Corsera: accertamenti su Milan e Inter da parte degli inquirenti, per la questione plusvalenze. Per quanto riguarda il Milan non è emersa nessuna irregolarità mentre per quanto riguarda l’Inter c’è un’inchiesta per falso in bilancio.


----------



## diavoloINme (21 Dicembre 2021)

admin ha scritto:


> Corsera: accertamenti su Milan e Inter da parte degli inquirenti, per la questione plusvalenze. Per quanto riguarda il Milan non è emersa nessuna irregolarità mentre per quanto riguarda l’Inter c’è un’inchiesta per falso in bilancio.


A noi al limite potrebbero indagarci per minusvalenze o eccesso di contratti cocopro... ma non è reato.


----------



## Andris (21 Dicembre 2021)

gli onesti siamo noi


----------



## pazzomania (21 Dicembre 2021)

admin ha scritto:


> Corsera: accertamenti su Milan e Inter da parte degli inquirenti, per la questione plusvalenze. Per quanto riguarda il Milan non è emersa nessuna irregolarità mentre per quanto riguarda l’Inter c’è un’inchiesta per falso in bilancio.


Occhio che, se continuiamo a regalare i giocatori a qualcuno verrà in mente che ce li pagano in nero.

Perchè è assurdissimo essere cosi buoni, anche a Natale


----------



## Andrea Red&Black (21 Dicembre 2021)

siamo onesti e inclusivi. Per vincere ci penseremo più avanti


----------



## diavoloINme (21 Dicembre 2021)

admin ha scritto:


> Corsera: accertamenti su Milan e Inter da parte degli inquirenti, per la questione plusvalenze.
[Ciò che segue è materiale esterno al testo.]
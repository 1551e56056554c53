//! Requests and replies as bytes: how long they are, and ciphertexts both ways.

use crate::bfv::given;
use crate::cases::{BadCase, Case};
use crate::lines::{put, put_bytes, put_text};
use crate::noise::tested;
use co_link::{Bytes, Target};
use co_noise::Tested;
use co_wire::{
    WireFault, read_ciphers, record_chunks, reply_length, request_length, write_ciphers,
};
use std::alloc::AllocError;

/// The line of a case, behind the name of its call.
pub fn line(case: Case) -> Result<String, BadCase> {
    let mut line = String::new(case.alloc);
    match case.call() {
        "lengths" => put_lengths(&mut line, &tested(case)?)?,
        "write" => put_written(&mut line, case)?,
        "read" => put_reading(&mut line, case)?,
        _ => return Err(BadCase::Unfit),
    }
    Ok(line)
}

/// The pieces of a record, then the lengths of the requests of each target, and of the replies.
pub fn put_lengths(line: &mut String, tested: &Tested) -> Result<(), AllocError> {
    put(line, record_chunks(tested.shape().degree()) as u128)?;
    put(line, request_length(tested, Target::Public) as u128)?;
    put(line, request_length(tested, Target::Keys) as u128)?;
    put(line, request_length(tested, Target::Score) as u128)?;
    put(line, request_length(tested, Target::Meta) as u128)?;
    put(line, request_length(tested, Target::Document) as u128)?;
    put(line, reply_length(tested, Target::Keys) as u128)?;
    put(line, reply_length(tested, Target::Score) as u128)?;
    put(line, reply_length(tested, Target::Meta) as u128)?;
    put(line, reply_length(tested, Target::Document) as u128)?;
    Ok(())
}

/// The bytes of the ciphertext whose parts a case lists, and whether they are read and written
/// again.
fn put_written(line: &mut String, case: Case) -> Result<(), BadCase> {
    let cipher = given(case)?;
    let bytes = write_ciphers(case.alloc, &[cipher])?;
    put_bytes(case.alloc, line, bytes.as_slice())?;
    if written_again(case, bytes.as_slice())?.as_slice() == bytes.as_slice() {
        put_text(line, "again")?;
    }
    Ok(())
}

/// What is written of the ciphertext that bytes are read as.
fn written_again(case: Case, bytes: &[u8]) -> Result<Bytes, BadCase> {
    match read_ciphers(case.alloc, case.degree()?, 1, bytes) {
        Ok(ciphers) => Ok(write_ciphers(case.alloc, &ciphers)?),
        Err(_) => return Err(BadCase::Unfit),
    }
}

/// Whether bytes are so many ciphertexts, or why they are not.
fn put_reading(line: &mut String, case: Case) -> Result<(), BadCase> {
    let bytes = put_in(case)?;
    match read_ciphers(case.alloc, case.degree()?, case.number("count"), &bytes) {
        Ok(_) => Ok(put_text(line, "good")?),
        Err(fault) => put_fault(line, fault),
    }
}

fn put_fault(line: &mut String, fault: WireFault) -> Result<(), BadCase> {
    match fault {
        WireFault::Length { wanted, found } => write!(line, " length {wanted} {found}")?,
        WireFault::Range { place } => write!(line, " range {place}")?,
        _ => return Err(BadCase::OutOfMemory),
    }
    Ok(())
}

/// Zeros, of the length that a case says, with the bytes put in that it lists: each as a place, a
/// stroke and the bytes in hexadecimal.
pub fn put_in(case: Case) -> Result<Vec<u8>, BadCase> {
    let mut bytes = vec![in case.alloc; 0; case.number("length") as usize]?;
    for change in case.text("put").split_ascii_whitespace() {
        let Some((at, what)) = change.split_once('/') else {
            return Err(BadCase::Unfit);
        };
        let Ok(what) = hex::decode(case.alloc, what) else {
            return Err(BadCase::Unfit);
        };
        overwrite(&mut bytes, at.parse().unwrap_or(0), &what);
    }
    Ok(bytes)
}

fn overwrite(bytes: &mut [u8], at: usize, what: &[u8]) {
    for (place, byte) in bytes.iter_mut().skip(at).zip(what.iter()) {
        *place = *byte;
    }
}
Per quanto riguarda il Milan non è emersa nessuna irregolarità mentre per quanto riguarda l’Inter c’è un’inchiesta per falso in bilancio.


L'inter solo falso in bilancio?


----------



## diavoloINme (21 Dicembre 2021)

pazzomania ha scritto:


> Occhio che, se continuiamo a regalare i giocatori a qualcuno verrà in mente che ce li pagano in nero.
> 
> Perchè è assurdissimo essere cosi buoni, anche a Natale


Gazidis non permetterebbe mai pagamento in ''nero''.
Se non altro per non perdere un colpo nella guerra al razzismo .
E scaroni annuisce soddisfatto.


----------



## admin (21 Dicembre 2021)

admin ha scritto:


> Corsera: accertamenti su Milan e Inter da parte degli inquirenti, per la questione plusvalenze. Per quanto riguarda il Milan non è emersa nessuna irregolarità mentre per quanto riguarda l’Inter c’è un’inchiesta per falso in bilancio.


.


----------



## Zenos (21 Dicembre 2021)

diavoloINme ha scritto:


> A noi al limite potrebbero indagarci per minusvalenze o eccesso di contratti cocopro... ma non è reato.


oggi in forma


----------



## diavoloINme (21 Dicembre 2021)

Zenos ha scritto:


> oggi in forma


Fino alle 18 sono top top top.
È l'allenamento di rifinitura quello che mi frega...


----------



## danjr (21 Dicembre 2021)

pazzomania ha scritto:


> Occhio che, se continuiamo a regalare i giocatori a qualcuno verrà in mente che ce li pagano in nero.
> 
> Perchè è assurdissimo essere cosi buoni, anche a Natale


Ma ormai chi lo paga più i calciatori? L’Inter ha mai pagato completamente lulaku o hakimi? Sono solo cifre da mettere a bilancio, una bolla che ormai è scoppiata, o pensate che tutti paghino 90 milioni sull’ unghia? Nessuno ha liquidità, quindi perdere uno a zero o venderlo a qualcuno che te lo pagherà tea 10 anni è la stessa cosa


----------



## admin (21 Dicembre 2021)

admin ha scritto:


> Corsera: accertamenti su Milan e Inter da parte degli inquirenti, per la questione plusvalenze. Per quanto riguarda il Milan non è emersa nessuna irregolarità mentre per quanto riguarda l’Inter c’è un’inchiesta per falso in bilancio.


.


----------



## cuoredidrago (21 Dicembre 2021)

admin ha scritto:


> Corsera: accertamenti su Milan e Inter da parte degli inquirenti, per la questione plusvalenze. Per quanto riguarda il Milan non è emersa nessuna irregolarità mentre per quanto riguarda l’Inter c’è un’inchiesta per falso in bilancio.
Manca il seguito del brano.